Плотин. Единое: творящая сила Созерцания - Султанов Шамиль Загитович. Страница 88
Наконец-то Америй дождался своего: он уже давно хотел вмешаться в разговор. Да и то сказать: здесь-то он был знатоком великим!
— И это верный показатель духовного совершенствования: умение ждать с умением быть внимательным, да при этом быть бесстрастным и счастливым, даже понимая, что, возможно, ждать придется несколько жизней.
Тут важно, как мне кажется, и другое еще, а именно, читая предзнаменования, знающий готовится к встрече с намерением. Причем сама эта подготовка может быть и типично человеческой. Возьмите того же Октавиана Августа. Перед громом и молнией испытывал он страх, везде и всюду он носил с собою для защиты от них тюленью шкуру, а при первом признаке сильной грозы скрывался в подземное убежище… Сновидениям, как своим, так и чужим, относившимся к нему, он придавал большое значение. В битве при Филиппах он по нездоровью не собирался выходить из палатки; но все же вышел, поверив вещему сну своего друга. И это его спасло, потому что враги захватили его лагерь и, думая, что он еще лежит в носилках, искололи и изрубили их на куски. Некоторые приметы и предзнаменования Октавиан считал безошибочными. Если утром надевал башмак не на ту ногу, левый вместо правого, это было для него дурным знаком. Если выпадала роса в день его отъезда в дальний путь по суше или по морю, то это было добрым предвестьем быстрого и благополучного возвращения.

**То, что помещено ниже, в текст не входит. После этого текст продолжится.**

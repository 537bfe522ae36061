//! Functions 09 and 0A: writing a character to a run of cells.
ghost use Rattle.std.specs.Prelude.{◌≡◌, ◌<◌, ◌≤◌, ◌+◌};
ghost use Rattle.bios_services.specs.Plan.{run};
ghost use Rattle.bios_services.specs.Bounds.{IsModeSet, page_count, bound_of_cells_reached_by_calls};
ghost use Rattle.bios_services.specs.CellRuns.{cell_run_of, cell_run_plan};
ghost use Rattle.bios_services.specs.Drawing.{characters_plan};
ghost use Rattle.bios_services.specs.Page.{IsPage};

use crate::colouring::Colouring;
use crate::cursor::cursor_cell_number;
use crate::drawing::write_character;
use crate::page::Page;
use crate::regs::{Regs, high, low};
use bios_modes::{Bda, Fonts};
use vga_card::Bus;

/// A run of cells that get one character, from the cursor of a page on.
#[derive(Clone, Copy)]
pub struct CellRun {
    pub page: u8,
    pub character: u8,
    pub colouring: Colouring,
    pub count: u16,
}

impl CellRun {
    /// The run that the registers name. In text, its cells get the attribute or keep their own.
    pub(crate) fn of_registers(regs: Regs, is_attribute: bool) -> CellRun
        ensures { result ≡ cell_run_of regs is_attribute }
    {
        CellRun {
            page: high(regs.bx),
            character: low(regs.ax),
            colouring: Colouring {
                colour: low(regs.bx),
                is_attribute,
            },
            count: regs.cx,
        }
    }

    /// Writes the character to the run's number of cells of a page, from cell `first` on.
    #[tactic(auto, using(crate::proofs::PlanRuns::run_bind), unfolding(crate::specs::Drawing::characters_plan))]
    fn write_from<B: Bus>(self, bus: &mut B, page: &Page<'_>, first: u32)
        requires page { IsPage page.now }
        requires cells { first + self.count ≤ bound_of_cells_reached_by_calls }
        ensures { bus.new ≡ (run B.meaning (characters_plan page.now.fonts page.now.bda
            page.now.number first self.character self.colouring self.count) bus.old).0 }
    {
        for i in 0..self.count as u32 {
            write_character(bus, page, first + i, self.character, self.colouring);
        }
    }

    /// Writes the character to the cells of the run.
    pub(crate) fn write<B: Bus>(self, bus: &mut B, fonts: &Fonts, bda: &Bda)
        requires data { IsModeSet bda.now }
        requires page { self.page < page_count bda.now }
        ensures { bus.new ≡ (run B.meaning (cell_run_plan fonts.now bda.now self) bus.old).0 }
    {
        let page = Page::new(fonts, bda, self.page);
        self.write_from(bus, &page, cursor_cell_number(bda, self.page));
    }
}
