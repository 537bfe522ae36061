//! What a service answers.
ghost use Rattle.std.specs.Prelude.{◌≡◌};
ghost use Rattle.bios_services.specs.Tables.{table_bytes};

use crate::regs::Regs;
use vga_bits::{Bytes, Refusal};

/// A table that a service answers in the caller's memory.
#[derive(Drop)]
pub enum Table {
    /// No table.
    Empty,
    /// The 16 palette registers, and the overscan colour.
    Palette([u8; 17]),
    /// Red, green and blue of entries of the DAC.
    Dac(Bytes),
}

impl Table {
    /// The bytes of the table.
    pub fn as_slice(&self) -> &[u8]
        ensures { result.now ≡ table_bytes self.now }
    {
        match self {
            Table::Empty => &[],
            Table::Palette(values) => values,
            Table::Dac(values) => values.as_slice(),
        }
    }
}

/// What a service answers: the four registers, and a table.
#[derive(Drop)]
pub struct Reply {
    pub regs: Regs,
    pub table: Table,
}

/// Why a service gives no reply.
#[derive(Clone, Copy, PartialEq, Eq, Debug)]
pub enum ServiceError {
    /// It is refused.
    Refused(Refusal),
    /// Memory for a table was refused, before the first cycle.
    OutOfMemory,
}
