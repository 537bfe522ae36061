//! The block of a call: what it reads of the caller's memory.
ghost use Rattle.std.specs.Prelude.{◌≡◌};
ghost use Rattle.bios_services.specs.Calls.{call_of};
ghost use Rattle.bios_services.specs.Blocks.{block_len_if_any, block_len, is_block_at_dx};

use crate::call::{Call, decode};
use crate::regs::{Regs, high};

/// The bytes that a call reads of the caller's memory.
#[derive(Clone, Copy, PartialEq, Eq, Debug)]
pub struct BlockSpan {
    /// How many, 0 to 16,711,425; 0 where the call reads none.
    pub len: usize,
    /// Whether they lie at ES:DX. Else they lie at ES:BP.
    pub is_at_dx: bool,
}

/// How many bytes the block of a call has, if it reads one.
fn block(call: Option<Call>) -> Option<usize>
    ensures { result ≡ block_len_if_any call }
{
    match call {
        Some(Call::InMode(service)) => service.block(),
        Some(Call::LoadGlyphs(load)) => load.block(),
        _ => None,
    }
}

impl BlockSpan {
    /// What a call reads with these registers. With a block of just `len` bytes `int10` never
    /// answers `BadBlock`.
    pub fn of_registers(regs: Regs) -> BlockSpan
        ensures len { result.len ≡ block_len (call_of regs) }
        ensures place { result.is_at_dx ≡ is_block_at_dx regs }
    {
        BlockSpan {
            len: block(decode(regs)).unwrap_or(0),
            is_at_dx: high(regs.ax) == 0x10,
        }
    }
}
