//! The glyphs of characters in the font of the mode's height.
ghost use Rattle.std.specs.Prelude.{◌≡◌, ◌<◌, ◌≤◌, length};
ghost use Rattle.bios_services.specs.Glyphs.{glyph_line as glyph_line_of};
ghost use Rattle.bios_services.specs.Glyphs.{glyph_has_lines as glyph_has_lines_of};
ghost use Rattle.bios_services.specs.Glyphs.{first_character_with_lines as first_character_of};

use bios_modes::Fonts;

/// Line r of a character in the font of this height; bit 7 is the leftmost dot.
pub(crate) fn glyph_line(fonts: &Fonts, height: u32, character: u8, r: u32) -> u8
    requires height { height ≤ 16 }
    requires line { r < height }
    ensures { result ≡ glyph_line_of fonts.now height character r }
{
    match height {
        8 => fonts.f8().byte(character, r as usize),
        14 => fonts.f14().byte(character, r as usize),
        _ => fonts.f16().byte(character, r as usize),
    }
}

/// Whether a character's glyph has these lines.
#[tactic(auto, unfolding(crate::specs::Glyphs::glyph_has_lines))]
fn glyph_has_lines(fonts: &Fonts, height: u32, lines: &[u8], character: u8) -> bool
    requires height { height ≤ 16 }
    requires whole { length lines.now ≡ height }
    ensures { result ≡ glyph_has_lines_of fonts.now height lines.now character }
{
    for r in 0..height {
        let same = glyph_line(fonts, height, character, r) == lines[r as usize];
        if !same {
            return false;
        }
    }
    true
}

/// The first of n characters whose glyph has these lines, else 0.
#[tactic(auto, unfolding(crate::specs::Glyphs::first_character_with_lines))]
pub(crate) fn first_character_with_lines(fonts: &Fonts, height: u32, lines: &[u8], n: u16) -> u8
    requires height { height ≤ 16 }
    requires whole { length lines.now ≡ height }
    requires few { n ≤ 256 }
    ensures { result ≡ first_character_of fonts.now height lines.now n }
{
    for character in 0..n {
        if glyph_has_lines(fonts, height, lines, character as u8) {
            return character as u8;
        }
    }
    0
}
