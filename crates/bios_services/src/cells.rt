//! Cells of characters: where they lie in memory, and how text is read and written.
ghost use Rattle.std.specs.Prelude.{◌≡◌, ◌<◌, ◌≤◌, ◌+◌, ◌*◌, ◌^◌};
ghost use Rattle.bios_services.specs.Plan.{run};
ghost use Rattle.bios_services.specs.Bounds.{IsModeSet, page_count, bound_of_cells_reached_by_calls};
ghost use Rattle.bios_services.specs.Cells.{page_0_address_of_mode as page_base_of};
ghost use Rattle.bios_services.specs.Cells.{page_address as page_address_of};
ghost use Rattle.bios_services.specs.Cells.{cell_address as cell_address_of, cells_per_page};
ghost use Rattle.bios_services.specs.Cells.{read_cell_plan, attribute_plan, write_cell_plan};

use crate::colouring::Colouring;
use crate::cycles::{get, put};
use bios_modes::{Bda, mode_row};
use vga_card::Bus;

/// Where the pages of graphics modes begin, and where glyphs are loaded.
pub(crate) const GRAPHICS_BASE: u32 = 0xA0000;

/// The address where the pages of a mode begin.
#[tactic(auto, using(crate::proofs::BoundLemmas::base_small))]
fn page_0_address_of_mode(mode: u8) -> u32
    ensures value { result ≡ page_base_of mode }
    ensures small { result ≤ 0xB8000 }
{
    match mode_row(mode) {
        Some(row) => row.base,
        None => GRAPHICS_BASE,
    }
}

/// The address where a page begins.
pub(crate) fn page_address(bda: &Bda, page: u8) -> u32
    requires data { IsModeSet bda.now }
    requires page { page < page_count bda.now }
    ensures value { result ≡ page_address_of bda.now page }
    ensures small { result < 2 ^ 20 }
{
    page_0_address_of_mode(bda.mode()) + bda.size() as u32 * page as u32
}

/// The address of cell q of a page of text.
pub(crate) fn cell_address(bda: &Bda, page: u8, q: u32) -> u32
    requires data { IsModeSet bda.now }
    requires page { page < page_count bda.now }
    requires cell { q < bound_of_cells_reached_by_calls }
    ensures value { result ≡ cell_address_of bda.now page q }
    ensures small { result < 2 ^ 21 }
{
    page_address(bda, page) + 2 * q
}

/// How many cells a page has.
pub(crate) fn cells(bda: &Bda) -> u32
    requires { IsModeSet bda.now }
    ensures { result ≡ cells_per_page bda.now }
{
    bda.columns() as u32 * (bda.last_row() as u32 + 1)
}

/// Reads a cell: the character is the low byte of the answer, the attribute its high byte.
#[tactic(auto, using(crate::proofs::PlanRuns::run_bind), unfolding(crate::specs::Cells::read_cell_plan))]
pub(crate) fn read_cell<B: Bus>(bus: &mut B, address: u32) -> u16
    requires { address < 2 ^ 30 }
    ensures { (bus.new, result) ≡ run B.meaning (read_cell_plan address) bus.old }
{
    let character = get(bus, address);
    let colour = get(bus, address + 1);
    character as u16 + 256 * colour as u16
}

/// Writes a cell's attribute, if the colour is one.
fn write_attribute<B: Bus>(bus: &mut B, address: u32, colouring: Colouring)
    ensures { bus.new ≡ (run B.meaning (attribute_plan address colouring) bus.old).0 }
{
    if colouring.is_attribute {
        put(bus, address, colouring.colour);
    }
}

/// Writes a character to a cell of text, and its attribute if it gets one.
#[tactic(auto, using(crate::proofs::PlanRuns::run_bind), unfolding(crate::specs::Cells::write_cell_plan))]
pub(crate) fn write_cell<B: Bus>(bus: &mut B, address: u32, character: u8, colouring: Colouring)
    requires { address < 2 ^ 30 }
    ensures { bus.new ≡ (run B.meaning (write_cell_plan address character colouring) bus.old).0 }
{
    put(bus, address, character);
    write_attribute(bus, address + 1, colouring);
}
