//! Reading the character of a cell of pixels.
ghost use Rattle.std.specs.Prelude.{◌≡◌, ◌<◌, ◌+◌, ◌^◌, length};
ghost use Rattle.bios_services.specs.Bounds.{bound_of_cells_reached_by_calls};
ghost use Rattle.bios_services.specs.Plan.{run};
ghost use Rattle.bios_services.specs.Bands.{IsBand};
ghost use Rattle.bios_services.specs.CharacterReading.{shift_pixel_into_line as shift_dot_plan};
ghost use Rattle.bios_services.specs.CharacterReading.{read_nonzero_pixels_in_256_colours as packed_line_plan};
ghost use Rattle.bios_services.specs.CharacterReading.{read_nonzero_pixels_plan};
ghost use Rattle.bios_services.specs.CharacterReading.{read_lines_plan, read_character_plan};

use crate::band::set_read_write_mode_if_16_colours;
use crate::cycles::get;
use crate::dot_cell::GraphicsCell;
use crate::glyphs::first_character_with_lines;
use crate::kind::{Kind, by_kind};
use crate::video_registers::{BYTE_ACCESS, COMPARE_COLOURS};
use bios_modes::Fonts;
use vga_card::Bus;

/// The largest number of lines of a character.
const MOST_LINES: usize = 16;

/// How many characters there are.
const CHARACTERS: u16 = 256;

/// Reads a pixel of 256 colours, and shifts a bit into a line from the right: 0 for 0, else 1.
#[tactic(auto, using(crate::proofs::PlanRuns::run_bind), unfolding(crate::specs::CharacterReading::shift_pixel_into_line))]
fn shift_pixel_into_line<B: Bus>(bus: &mut B, address: u32, line: u8) -> u8
    ensures { (bus.new, result) ≡ run B.meaning (shift_dot_plan address line) bus.old }
{
    let dot = if get(bus, address) == 0 { 0 } else { 1 };
    ((2 * line as u16 + dot) % 256) as u8
}

/// Reads the line of eight pixels at an address of 256 colours: a bit is 1 if its pixel is not 0.
#[tactic(auto, using(crate::proofs::PlanRuns::run_bind), unfolding(crate::specs::CharacterReading::read_nonzero_pixels_in_256_colours))]
fn read_nonzero_pixels_in_256_colours<B: Bus>(bus: &mut B, address: u32) -> u8
    requires { address < 2 ^ 31 }
    ensures { (bus.new, result) ≡ run B.meaning (packed_line_plan address) bus.old }
{
    let mut line = 0;
    for i in 0..8 {
        line = shift_pixel_into_line(bus, address + i, line);
    }
    line
}

/// Reads which pixels of a line of a cell are not 0.
#[tactic(auto, using(crate::proofs::PlanRuns::run_bind), unfolding(crate::specs::CharacterReading::read_nonzero_pixels_plan))]
fn read_nonzero_pixels<B: Bus>(bus: &mut B, kind: Kind, address: u32) -> u8
    requires { address < 2 ^ 31 }
    ensures { (bus.new, result) ≡ run B.meaning (read_nonzero_pixels_plan kind address) bus.old }
{
    by_kind!(
        kind,
        Text => 0,
        Planar => 255 - get(bus, address),
        Packed => read_nonzero_pixels_in_256_colours(bus, address),
    )
}

/// Reads the lines of a cell from the top.
#[tactic(auto, using(crate::proofs::PlanRuns::run_bind), unfolding(crate::specs::CharacterReading::read_lines_plan))]
fn read_lines<B: Bus>(bus: &mut B, cell: GraphicsCell, lines: &mut [u8])
    requires band { IsBand cell.band }
    requires row { cell.row < bound_of_cells_reached_by_calls }
    requires count { length lines.old ≡ cell.band.lines }
    ensures lines { (bus.new, lines.new) ≡ run B.meaning (read_lines_plan cell.band cell.row)
        bus.old }
    ensures count { length lines.new ≡ cell.band.lines }
{
    for r in 0..lines.len() {
        lines[r] = read_nonzero_pixels(bus, cell.band.kind, cell.address(r as u32, 0));
    }
}

/// Reads a cell, and answers the first character whose glyph has its dots, or 0.
#[tactic(auto, using(crate::proofs::PlanRuns::run_bind), unfolding(crate::specs::CharacterReading::read_character_plan))]
pub(crate) fn read_character<B: Bus>(bus: &mut B, cell: GraphicsCell, fonts: &Fonts) -> u8
    requires band { IsBand cell.band }
    requires row { cell.row < bound_of_cells_reached_by_calls }
    ensures { (bus.new, result) ≡ run B.meaning (read_character_plan cell.band cell.row fonts.now)
        bus.old }
{
    let mut room = [0u8; MOST_LINES];
    let lines = &mut room[..cell.band.lines as usize];
    set_read_write_mode_if_16_colours(bus, cell.band.kind, COMPARE_COLOURS);
    read_lines(bus, cell, lines);
    set_read_write_mode_if_16_colours(bus, cell.band.kind, BYTE_ACCESS);
    first_character_with_lines(fonts, cell.band.lines, lines, CHARACTERS)
}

Но больше всего волновали его чудеса. Когда между каменных плит перед его домом выросла пальма, он перенес ее в атрий, к водоему богов Пенатов, и очень заботился, чтобы она пустила корни. Когда на острове Капри с его приездом вновь поднялись ветви древнего дуба, давно увядшие и поникшие к земле, он пришел в такой восторг, что выменял у неаполитанцев этот остров на остров Эпарию. Соблюдал он предосторожности и в определенные дни: после нундин не отправлялся в поездки, а в ноны не начинал никакого важного дела.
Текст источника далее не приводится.